**Records to use**
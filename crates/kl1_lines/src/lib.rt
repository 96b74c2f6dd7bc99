//! The bytes of scripts: records, lines, words and numbers, and the streams that give and take them.
#![tactic(auto)]

mod answering;
mod decimal;
mod failure_counter;
mod input;
mod lines;
mod numbers;
mod output;
mod record;
mod replies;
mod script_fault;
mod sink;
mod source;
mod words;

pub use answering::{answer_all, finish_with};
pub use decimal::{number_line, put_decimal, short_line};
pub use failure_counter::{DeviceFailed, FailureCounter};
pub use input::read_all;
pub use lines::{is_blank_line, split_feed, split_line, split_name, without_return};
pub use numbers::{number_in, only_number, source_bytes_in, up_to};
pub use output::{finish, pass_on, write_all};
pub use record::{NextRecord, Record, Request, next_record};
pub use replies::{NextReply, Replies};
pub use script_fault::ScriptFault;
pub use sink::Sink;
pub use source::Source;
pub use words::{is_same, split_word};
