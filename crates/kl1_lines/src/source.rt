// Where the bytes of a script come from.

ghost use Rattle.std.specs.Prelude.{◌≡◌, ◌+◌, ℕ, List, length, take, IfOk, OnOk, OnErr};
ghost use Rattle.std.specs.declared.option.Option.{Option};
ghost use Rattle.std.specs.Io.KnownBytes.{Consumes, IsAtEnd};
ghost use Rattle.kl1_lines.specs.Devices.{known_while, failures_of, Gives, KeepsIfKnown};

use crate::failure_counter::{DeviceFailed, FailureCounter, has_failed};
use std::io::Read;

/// What gives bytes, and counts the calls that failed.
pub trait Source {
    // The bytes that reads will give from here on, if they are known.
    ghost remaining: { Self → Option (List ℕ) };

    // How many reads have failed.
    ghost failures: { Self → ℕ };

    /// Reads bytes to the front of a buffer, and answers how many: none only at the end or without room.
    fn read(&mut self, into: &mut [u8]) -> Result<usize, DeviceFailed>
        ensures ok { IfOk result (λ n. Gives (remaining self.old) (remaining self.new) n into.new) }
        ensures kept { OnOk result (failures self.new ≡ failures self.old) }
        ensures failed { OnErr result (failures self.new ≡ failures self.old + 1) }
        ensures same { OnErr result (KeepsIfKnown (remaining self.old) (remaining self.new)) };
}

impl<R: Read> Source for FailureCounter<R> {
    ghost remaining = { known_while R.remaining };

    ghost failures = { failures_of };

    /// Reads once, and again if the call was interrupted.
    fn read(&mut self, into: &mut [u8]) -> Result<usize, DeviceFailed> {
        if self.failures == u64::MAX {
            return Ok(0);
        }
        for _ in 0..u64::MAX {
            match self.inner.read(into) {
                Ok(count) => return Ok(count),
                Err(error) => {
                    if has_failed(error) {
                        break;
                    }
                }
            }
        }
        self.failures += 1;
        Err(DeviceFailed)
    }
}
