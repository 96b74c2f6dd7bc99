// Files with the sources of modules.

/// A file with the source of a module.
#[derive(Drop)]
pub struct SourceFile {
    /// Its name, as faults tell it.
    pub name: Vec<u8>,
    /// The bytes in it.
    pub text: Vec<u8>,
}
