// A goal that is started.

use crate::loads::refusal_in;
use crate::stop::Stop;
use kl1_command::UnbookedHost;
use kl1_model::limits::MOST_PRIORITY;
use kl1_term::Term;
use kl1_user_events::{Event, Refusal, Reply, ShoenNo};

/// The shoen that a reply opened, if it opened one.
fn opened_in(reply: &Reply) -> Option<ShoenNo> {
    match reply {
        Reply::Opened(shoen) => Some(*shoen),
        _ => None,
    }
}

/// Starts a goal with an allowance and all priorities, and answers the number of its shoen.
pub(crate) fn start<H: UnbookedHost>(
    host: &mut H,
    goal: Term,
    allowance: u64,
) -> Result<ShoenNo, Stop> {
    let event = Event::Start {
        allowance,
        low: 0,
        high: MOST_PRIORITY,
        goal,
    };
    match host.apply(&event) {
        Ok(reply) => match opened_in(&reply) {
            Some(shoen) => Ok(shoen),
            None => Err(Stop::Goal(refusal_in(&reply).unwrap_or(Refusal::Syntax))),
        },
        Err(_) => Err(Stop::Memory),
    }
}
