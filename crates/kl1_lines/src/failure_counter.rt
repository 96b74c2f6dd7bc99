// A stream that counts its failures.

ghost use Rattle.std.specs.Prelude.{◌≡◌, ◌↔◌, true};
ghost use Rattle.std.specs.IoError.{error_kind};
ghost use Rattle.std.specs.declared.io.ErrorKind.TheVariants.{Interrupted};

use std::io::{Error, ErrorKind};

/// A stream, and how many of its calls have failed. One that has failed 2^64 - 1 times is used no more.
#[derive(Drop)]
pub struct FailureCounter<T> {
    /// The stream.
    pub inner: T,
    /// How many calls have failed.
    pub failures: u64,
}

impl<T> FailureCounter<T> {
    /// A stream none of whose calls has failed.
    pub fn new(inner: T) -> Self
        ensures { result ≡ record { inner = inner; failures = 0 } }
    {
        FailureCounter { inner, failures: 0 }
    }
}

/// A call of a device failed.
#[derive(Clone, Copy)]
pub struct DeviceFailed;

/// Whether a call failed, and wasn't merely interrupted.
pub(crate) fn has_failed(error: Error) -> bool
    ensures { (result ≡ true) ↔ (error_kind error ≡ Interrupted → ⊥) }
{
    error.kind() != ErrorKind::Interrupted
}
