// Why a script is not run to its end.

use thiserror::Error;

/// Why a script is not run to its end.
#[derive(Clone, Copy, Debug, Drop, Error)]
pub enum ScriptFault {
    /// A read failed.
    #[error("read fault")]
    Read,
    /// A write failed.
    #[error("write fault")]
    Write,
    /// The script has more bytes than one may have.
    #[error("too long")]
    TooLong,
    /// Memory was refused.
    #[error("no memory")]
    Memory,
}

**Aim of the task**
Wherever the word "take" appears in the listing, copy the line that holds it.

**Written response**
//! The bytes of scripts: records, lines, words and numbers, and the streams that give and take them.
ghost use Rattle.std.specs.Prelude.{◌≡◌, ◌+◌, ℕ, List, length, take, IfOk, OnOk, OnErr};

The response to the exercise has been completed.